3.8% improvement on Mathlib4 test dataset compared to baseline Reprover performance of 41.2%, achieved by combining step predictions with log probabilities.

Practical Tool

Integrated predict_steps_with_suggestion tactic in LeanCopilot provides immediate feedback on proof progress and concrete guidance for tactic selection.


Real-World Applications

LeanProgress enables more informed decision-making in interactive theorem proving by providing users with concrete estimates of proof complexity. Unlike traditional tactic suggestion tools that only offer local guidance, LeanProgress provides a global view of the proof process, helping users understand whether they're making progress toward completion or exploring unproductive paths.

Future Potential

The continuous reward signal provided by LeanProgress opens new possibilities for reinforcement learning applications in automated theorem proving. By offering meaningful feedback throughout the proving process rather than just binary success/failure signals, LeanProgress could enable more effective RL training for complex mathematical reasoning tasks.

Key Contributions

1. Balanced Data Generation Pipeline: We developed a systematic approach to address the challenge of skewed proof length distributions by constructing a balanced dataset of ~80k proof trajectories with strategic sampling ratios based on proof complexity.

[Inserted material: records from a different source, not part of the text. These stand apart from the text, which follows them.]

//! The conflict-driven solver.

ghost use Rattle.std.specs.Prelude.{◌≡◌, ◌≤◌, []};

use base::Budget;
use cdcl_log::LoggedKernel;
use cdcl_search::{Guide, search};
use solver::{Answer, Part, PartSat, Sat, SatError, Statistics};
use std::alloc::Global;
use std::marker::Model;

/// A conflict-driven solver, to which clauses are added between the calls. What it learns follows
/// from the clauses alone and serves the later calls; a call that ends in a core costs what it
/// propagates, whatever the number of clauses and variables. The first assumptions cost nothing that the
/// call before began with too, but where one of both is about a part.
#[derive(Drop)]
pub struct Cdcl {
    kernel: LoggedKernel,
    guide: Guide,
}

impl Model for Cdcl {
    ghost use Rattle.cdcl_log.specs.Logged.{is_wanted};
    ghost use Rattle.cdcl.specs.Solving.{Solving};
    ghost use Rattle.std.specs.Prelude.{◌≡◌, false};

    ghost Value = { Solving };

    ghost view = { λ s. record { vars = s.kernel.vars; clauses = s.kernel.clauses; ids = s.kernel.ids } };

    ghost invariant = { λ s. (is_wanted s.kernel.log ≡ false) × (s.kernel.room ≡ 0) };
}

impl Cdcl {
    /// A solver over no variables and without clauses, which takes no memory.
    pub fn new(alloc: Global) -> Cdcl
        ensures { result ≡ record { vars = 0; clauses = []; ids = 0 } }
    {
        Cdcl {
            kernel: LoggedKernel::new(alloc),
            guide: Guide::new(alloc),
        }
    }
}

impl Sat for Cdcl {
    ghost vars = { λ s. s.vars };

    ghost clauses = { λ s. s.clauses };

    ghost is_full = { λ s. 4294967295 ≤ s.ids };

    /// It costs the number of variables, and a byte of memory for each.
    fn reset(&mut self, alloc: Global, count: u32) -> Result<(), SatError> {
        self.kernel.reset(alloc, count)?;
        self.guide.renew(alloc);
        Ok(())
    }

    fn vars(&self) -> u32 {
        self.kernel.known().vars()
    }

    /// It costs the clause's literals. The clause is looked at when `solve` is called.
    fn add(&mut self, _alloc: Global, clause: &[i32]) -> Result<(), SatError> {
        self.kernel.add(clause)?;
        let _ids = self.kernel.known().clauses();
        Ok(())
    }

    /// A step of the budget is a clause that is visited in propagation, or a decision or a
    /// conflict. After a refusal the clauses are watched anew. What it learns takes ids too.
    fn solve(
        &mut self,
        alloc: Global,
        assume: &[i32],
        budget: &mut Budget,
    ) -> Result<Answer, SatError> {
        let answer = search(&mut self.kernel, &mut self.guide, None, assume, budget);
        if answer.is_err() {
            self.guide.renew(alloc);
        }
        answer
    }

    /// How often the search did what, over all calls since `new`. Where `refused_learned` or `refused_cores`
    /// is not 0, the search was wrong somewhere, which costs time alone.
    fn statistics(&self) -> Statistics {
        self.guide.statistics()
    }
}

impl PartSat for Cdcl {
    /// As `solve`. It decides what gives a false gate of the part a false side, of two open sides the first, then the part's other
    /// variables, most active first; and passes clauses over that lead out of the part.
    fn solve_part(
        &mut self,
        alloc: Global,
        part: &Part,
        assume: &[i32],
        budget: &mut Budget,
    ) -> Result<Answer, SatError> {
        let kernel = &mut self.kernel;
        let answer = search(kernel, &mut self.guide, Some(part), assume, budget);
        if answer.is_err() {
            self.guide.renew(alloc);
        }
        answer
    }
}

2. Novel Progress Prediction Model: Our fine-tuned DeepSeek Coder model provides a global view of proof progress by predicting exact remaining steps rather than just immediate next tactics, achieving 75.1% accuracy with MAE of 3.29.


3. Progress-Guided Search Integration: We demonstrated how step predictions can be effectively combined with traditional log probabilities in best-first search frameworks, showing measurable improvements in theorem proving success rates.


4. Practical Tool Development: Integration with LeanCopilot provides a user-friendly interface through the predict_steps_with_suggestion tactic, offering both tactic suggestions and progress feedback directly within the standard Lean workflow.


5. Foundation for Future RL Applications: By providing continuous reward signals throughout the proof process, LeanProgress establishes groundwork for more sophisticated reinforcement learning approaches to automated theorem proving.